Sunday, March 18, 2007

Is 80 Percent Required?

If your close to retirement and trying to determine if you will have enough money you won't have to look too far before finding the estimate 'that you need 80% of your pre-retirement income in order to maintain the same standard of living after retirement.' But is that valid?

Eighty (80%) percent is a daunting number that could easily scare off many faint hearted potential early retirees. That's a real shame.

Although "How much?" is a critical question, I was only able to find fussy answers. For example, I spent 3 days at a retirement seminar waiting for the answer to this burning question but never got one.

During my research I recall seeing 60 percent and 80 percent estimates. That's quite a range. Fortunately, I had my cash flow records so I was able to do my own analysis. I didn't look at things from just a percentage basis. My minimum amount was that we would have to be able to live in the same fashion as we had before retirement.

I made a spread sheet in Excel that included estimated spending and incomes for 15 years into the future. I kept everything in today's dollars since my pension was indexed for inflation. I found that we would start out fine and things would improve as Canada Pension Plan and Old Age Security came on line for both of us.

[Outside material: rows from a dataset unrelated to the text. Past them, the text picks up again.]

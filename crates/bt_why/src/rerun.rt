//! What a step left when it was run with marks, and whether it is what the style machine left.

ghost use Rattle.std.specs.Prelude.{◌≡◌, ◌++◌, map, option_map, IfOk, IsTrue};
ghost use Rattle.bt_marks.specs.Bytes.{line_bytes, lines_bytes, text_bytes};
ghost use Rattle.bt_why.specs.Erased.{effect_of, plain_variables, rerun_effect, steps_bytes};
ghost use Rattle.bt_why.specs.Named.{AllRight, AreRight};

use crate::machine::{Left, Machine};
use crate::values::Variables;
use bt_actions::messages;
use bt_log::{Message, Said};
use bt_machine::Outcome;
use bt_marks::{Line, Text, bytes_of, line_bytes, lines_bytes};
use bt_text::{Bytes, Sequence, Shared, Values, are_same, equal_bytes, shared_all};
use std::alloc::{AllocError, Global};

/// What a step left when it was run with marks.
#[derive(Drop)]
pub struct Rerun {
    /// The values of the global variables after the step.
    pub globals: Variables,
    /// The variables of the step's entry after the step, if it is for an entry.
    pub variables: Option<Variables>,
    /// The line that hasn't ended.
    pub held: Line,
    /// The messages that the step logged, in their order.
    pub messages: Sequence<Message>,
    /// The lines that it ended, the words that gave the messages, and its ticks.
    pub left: Left,
}

/// Whether two texts are equal, or both are missing.
fn is_same_text(text: &Option<Shared<Bytes>>, other: &Option<Shared<Bytes>>) -> bool
    ensures { IsTrue result → text.now ≡ other.now }
{
    match (text, other) {
        (None, None) => true,
        (Some(text), Some(other)) => equal_bytes(text.as_slice(), other.as_slice()),
        _ => false,
    }
}

fn says_same(said: &Said, other: &Said) -> bool
    ensures { IsTrue result → said.now ≡ other.now }
{
    match (said, other) {
        (Said::Words(words), Said::Words(other)) => {
            equal_bytes(words.as_slice(), other.as_slice())
        }
        _ => false,
    }
}

/// Whether two messages of a step are the same. Its run gives them a place only later.
fn is_same_message(message: &Message, other: &Message) -> bool
    ensures { IsTrue result → message.now ≡ other.now }
{
    message.rank == other.rank
        && says_same(&message.said, &other.said)
        && is_same_text(&message.entry, &other.entry)
        && is_same_text(&message.second, &other.second)
        && message.place.is_none()
        && other.place.is_none()
}

fn are_same_messages(messages: &[Message], others: &[Message]) -> bool
    ensures { IsTrue result → messages.now ≡ others.now }
{
    if messages.len() != others.len() {
        return false;
    }
    'messages: for place in 0..messages.len() {
        if !is_same_message(&messages[place], &others[place]) {
            return false;
        }
    }
    true
}

/// Lines without their marks.
fn plain_lines(alloc: Global, lines: &[Line]) -> Result<Vec<Shared<Bytes>>, AllocError>
    ensures { IfOk result (λ plain. plain.items ≡ map (λ line. line_bytes line.items) lines.now) }
{
    let mut plain = Vec::with_capacity(alloc, lines.len())?;
    'lines: for line in lines {
        plain.push(Shared::new(alloc, line_bytes(alloc, line.as_slice())?)?)?;
    }
    Ok(plain)
}

/// Texts without their marks.
fn plain_texts(alloc: Global, texts: &[Shared<Text>]) -> Result<Vec<Shared<Bytes>>, AllocError>
    ensures { IfOk result (λ plain. plain.items ≡ map (λ text. text_bytes text.items) texts.now) }
{
    let mut plain = Vec::with_capacity(alloc, texts.len())?;
    'texts: for text in texts {
        plain.push(Shared::new(alloc, bytes_of(alloc, text.as_slice())?)?)?;
    }
    Ok(plain)
}

fn equal_numbers(one: &[i32], other: &[i32]) -> bool
    ensures { IsTrue result → one.now ≡ other.now }
{
    one == other
}

fn are_numbers(alloc: Global, own: &[i32], plain: &Values<i32>) -> Result<bool, AllocError>
    ensures { IfOk result (λ same. IsTrue same → own.now ≡ plain.now) }
{
    let numbers = plain.to_vec(alloc)?;
    Ok(equal_numbers(own, numbers.as_slice()))
}

/// Whether texts are equal, apart from the marks.
fn are_texts(
    alloc: Global,
    own: &[Shared<Text>],
    plain: &Values<Shared<Bytes>>,
) -> Result<bool, AllocError>
    ensures { IfOk result (λ same. IsTrue same → map (λ text. text_bytes text.items) own.now ≡ plain.now) }
{
    let own = plain_texts(alloc, own)?;
    let texts = plain.to_vec(alloc)?;
    let same = are_same(own.as_slice(), texts.as_slice());
    Ok(same)
}

/// Whether variables are equal, apart from the marks.
fn are_values(
    alloc: Global,
    own: &Variables,
    plain: &bt_actions::Variables,
) -> Result<bool, AllocError>
    ensures { IfOk result (λ same. IsTrue same → plain_variables own.now ≡ plain.now) }
{
    if !are_numbers(alloc, own.numbers.as_slice(), &plain.numbers)? {
        return Ok(false);
    }
    are_texts(alloc, own.texts.as_slice(), &plain.texts)
}

/// The same, or both are missing.
fn are_own(
    alloc: Global,
    own: &Option<Variables>,
    plain: &Option<Shared<bt_actions::Variables>>,
) -> Result<bool, AllocError>
    ensures { IfOk result (λ same. IsTrue same → option_map plain_variables own.now ≡ plain.now) }
{
    match (own, plain) {
        (None, None) => Ok(true),
        (Some(own), Some(plain)) => are_values(alloc, own, plain),
        _ => Ok(false),
    }
}

/// The same variables; their texts are shared.
fn shared_variables(alloc: Global, own: &Variables) -> Result<Variables, AllocError>
    ensures { IfOk result (λ same. plain_variables same ≡ plain_variables own.now) }
{
    Ok(Variables {
        numbers: Vec::from_slice(alloc, own.numbers.as_slice())?,
        texts: shared_all(alloc, own.texts.as_slice())?,
    })
}

/// The variables of the machine's entry, shared.
fn own_variables(machine: &Machine<'_>) -> Result<Option<Variables>, AllocError> {
    match machine.own_variables() {
        Some(own) => Ok(Some(shared_variables(machine.alloc, own)?)),
        None => Ok(None),
    }
}

/// The messages of the last step.
fn messages_of(machine: &Machine<'_>, left: &Left) -> Result<Sequence<Message>, AllocError> {
    let key = match machine.own_entry() {
        Some(entry) => Some(&entry.key),
        None => None,
    };
    messages(machine.alloc, left.complaints.as_slice(), key)
}

impl Rerun {
    /// What the last step left.
    pub fn of(machine: &Machine<'_>, left: Left) -> Result<Rerun, AllocError>
        ensures globals { IfOk result (λ rerun. plain_variables rerun.globals ≡ plain_variables machine.now.globals) }
        ensures held { IfOk result (λ rerun. rerun.held.items ≡ machine.now.held.items) }
        ensures left { IfOk result (λ rerun. rerun.left ≡ left) }
    {
        let messages = messages_of(machine, &left)?;
        let held = Vec::from_slice(machine.alloc, machine.held.as_slice())?;
        let variables = own_variables(machine)?;
        let globals = shared_variables(machine.alloc, &machine.globals)?;
        Ok(Rerun {
            globals,
            variables,
            held,
            messages,
            left,
        })
    }

    fn has_variables(&self, alloc: Global, outcome: &Outcome) -> Result<bool, AllocError>
        ensures globals { IfOk result (λ same. IsTrue same → plain_variables self.now.globals ≡ outcome.now.globals) }
        ensures own { IfOk result (λ same. IsTrue same →
            option_map plain_variables self.now.variables ≡ outcome.now.variables) }
    {
        if !are_values(alloc, &self.globals, &outcome.globals)? {
            return Ok(false);
        }
        are_own(alloc, &self.variables, &outcome.variables)
    }

    fn has_lines(&self, alloc: Global, outcome: &Outcome) -> Result<bool, AllocError>
        ensures held { IfOk result (λ same. IsTrue same → line_bytes self.now.held.items ≡ outcome.now.held) }
        ensures lines { IfOk result (λ same. IsTrue same →
            map (λ line. line_bytes line.items) self.now.left.lines.items ≡ outcome.now.lines) }
    {
        let held = line_bytes(alloc, self.held.as_slice())?;
        let lines = plain_lines(alloc, self.left.lines.as_slice())?;
        let same = equal_bytes(held.as_slice(), outcome.held.bytes())
            && are_same(lines.as_slice(), outcome.lines.as_slice());
        Ok(same)
    }

    fn has_end(&self, outcome: &Outcome, cost: u128) -> bool
        ensures messages { IsTrue result → self.now.messages ≡ outcome.now.messages }
        ensures cost { IsTrue result → self.now.left.ticks ≡ cost }
        ensures stop { IsTrue result → self.now.left.stop ≡ outcome.now.stop }
    {
        u128::from(self.left.ticks) == cost
            && self.left.stop == outcome.stop
            && are_same_messages(self.messages.as_slice(), outcome.messages.as_slice())
    }

    /// Whether this is, apart from the marks, what a step left and cost: its variables, the held line, its lines and
    /// messages, whether it ended the run, and its ticks.
    pub fn is_outcome(
        &self,
        alloc: Global,
        outcome: &Outcome,
        cost: u128,
    ) -> Result<bool, AllocError>
        ensures { IfOk result (λ same. IsTrue same → rerun_effect self.now ≡ effect_of outcome.now cost) }
    {
        let same = self.has_variables(alloc, outcome)?
            && self.has_lines(alloc, outcome)?
            && self.has_end(outcome, cost);
        Ok(same)
    }
}

/// The lines of steps without their marks, each with a line feed after it.
fn steps_bytes(alloc: Global, steps: &[Rerun]) -> Result<Bytes, AllocError>
    ensures { IfOk result (λ text. text ≡ steps_bytes steps.now) }
{
    let mut text = Bytes::new(alloc);
    'steps: for step in steps {
        text.append(lines_bytes(alloc, step.left.lines.as_slice())?.as_slice())?;
    }
    Ok(text)
}

/// Whether the lines of steps are a bibliography, byte for byte.
pub fn are_lines_of(alloc: Global, steps: &[Rerun], bbl: &[u8]) -> Result<bool, AllocError>
    ensures { IfOk result (λ same. IsTrue same → steps_bytes steps.now ≡ bbl.now) }
{
    let text = steps_bytes(alloc, steps)?;
    let same = text.as_slice() == bbl;
    Ok(same)
}

/// Whether each byte of the lines of a step is the one that its mark names.
fn is_right(machine: &Machine<'_>, step: &Rerun) -> bool
    ensures { IsTrue result → AreRight machine.now step.now.left.lines.items }
{
    machine.wrong_line(step.left.lines.as_slice()).is_none()
}

/// Whether each byte of the lines of some steps is the one that its mark names.
pub fn are_right(machine: &Machine<'_>, steps: &[Rerun]) -> bool
    ensures { IsTrue result → AllRight machine.now steps.now }
{
    'steps: for step in steps {
        if !is_right(machine, step) {
            return false;
        }
    }
    true
}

Other blogs have dealt with this same question.

In his post, "Why I Won't Need 80 %" at Retire At 45 blog, S. B. writes... "...after retirement I won't need to be saving money". S. B. has been saving a wopping 40 % of his income.

In my case, the elimination of "voluntary savings" was also an important factor.

If your "socking it away big time" leading up to "pulling the pin" you can think of your savings as a deduction from income - one that will no longer be there after retirement. Saving a lot means you are living well below your means. It can make a big difference.

I must admit that the thought of no longer saving a lot after retirement made me a little nervous since I had been doing it for so many years. Old habits are hard to break. My safety factor with respect to finances was very large.

Million Dollar Journey's post "Retiring Early Part I (The Expenses)", estimated that 54 percent would meet their needs. This post made me wonder about my actual percentage.

Of course it is never just about percentage. A lot of personal factors come into play. We own our own home, we have no other debt, and we have downsized to one car. We are still driving an older car. My spending estimates included an amount saved each year for the next car.

Our life style has always been relatively inexpensive...going to the beach, for walks, canoeing etc. That hasn't changed except we have a much longer season to do outdoor activities (all year) and many more opportunities for these types of activities on Vancouver Island.

The sum of pension income plus interest from investments is about 47 percent of our family income prior to retirement. This percentage will increase over time. If CPP and OAS remain at current levels our percentage rises to a maximum of 62 percent.

As planned, we spent some savings to pay for our more expensive home (not better) on Vancouver Island (compared to Winnipeg prices). There was also the savings spent to buy the boat and savings earmarked for annual boating costs prior to age 60 when CPP starts coming. Savings are bridge-financing the boating hobby in the early years.

You might be wondering...How do you find it, is 47 % enough? If we had more income we could take expensive winter vacations etc. For now, I'm satisfied enough that I'm not out looking for a job.

8 comments:

S. B. said...

That is really great that you have a pension that is inflation indexed! In the US, I believe most company pensions are fixed, although it is true that Social Security is inflation indexed. My company pension is definitely fixed.

Have you read the book entitled "The Number"? I was very excited to read an entire book covering the question of how much money one needs to retire. Unfortunately, I was very disappointed. The auther spent the entire book wandering through vague notions about lifestyles and anecdotes about people and so forth. Only in the last chapter are there any real calculations, and that was just a fall back to 80% of pre-retirement income and make sure to withdraw 4% per year.

Thanks for writing down your personal findings. While there are probably a thousand different ways to make early retirement work, it cannot be denied that there is wisdom to be learned from someone who has been through the process. I am interested in how things work out for you 5 years and 10 years down the road, as I think that probably holds some insights for those of us coming behind you in a few years.

Canadian Money said...

Hi s.b.,

Thanks for stopping by.

I haven't read the book "The Number". Glad you found my experience helpful.

There certainly are a number of personal variables to consider and even different possible answers for each of us.

Some of the personal variables can change later in life, closer to retirement, making it either easier or more difficult to leave the workplace behind.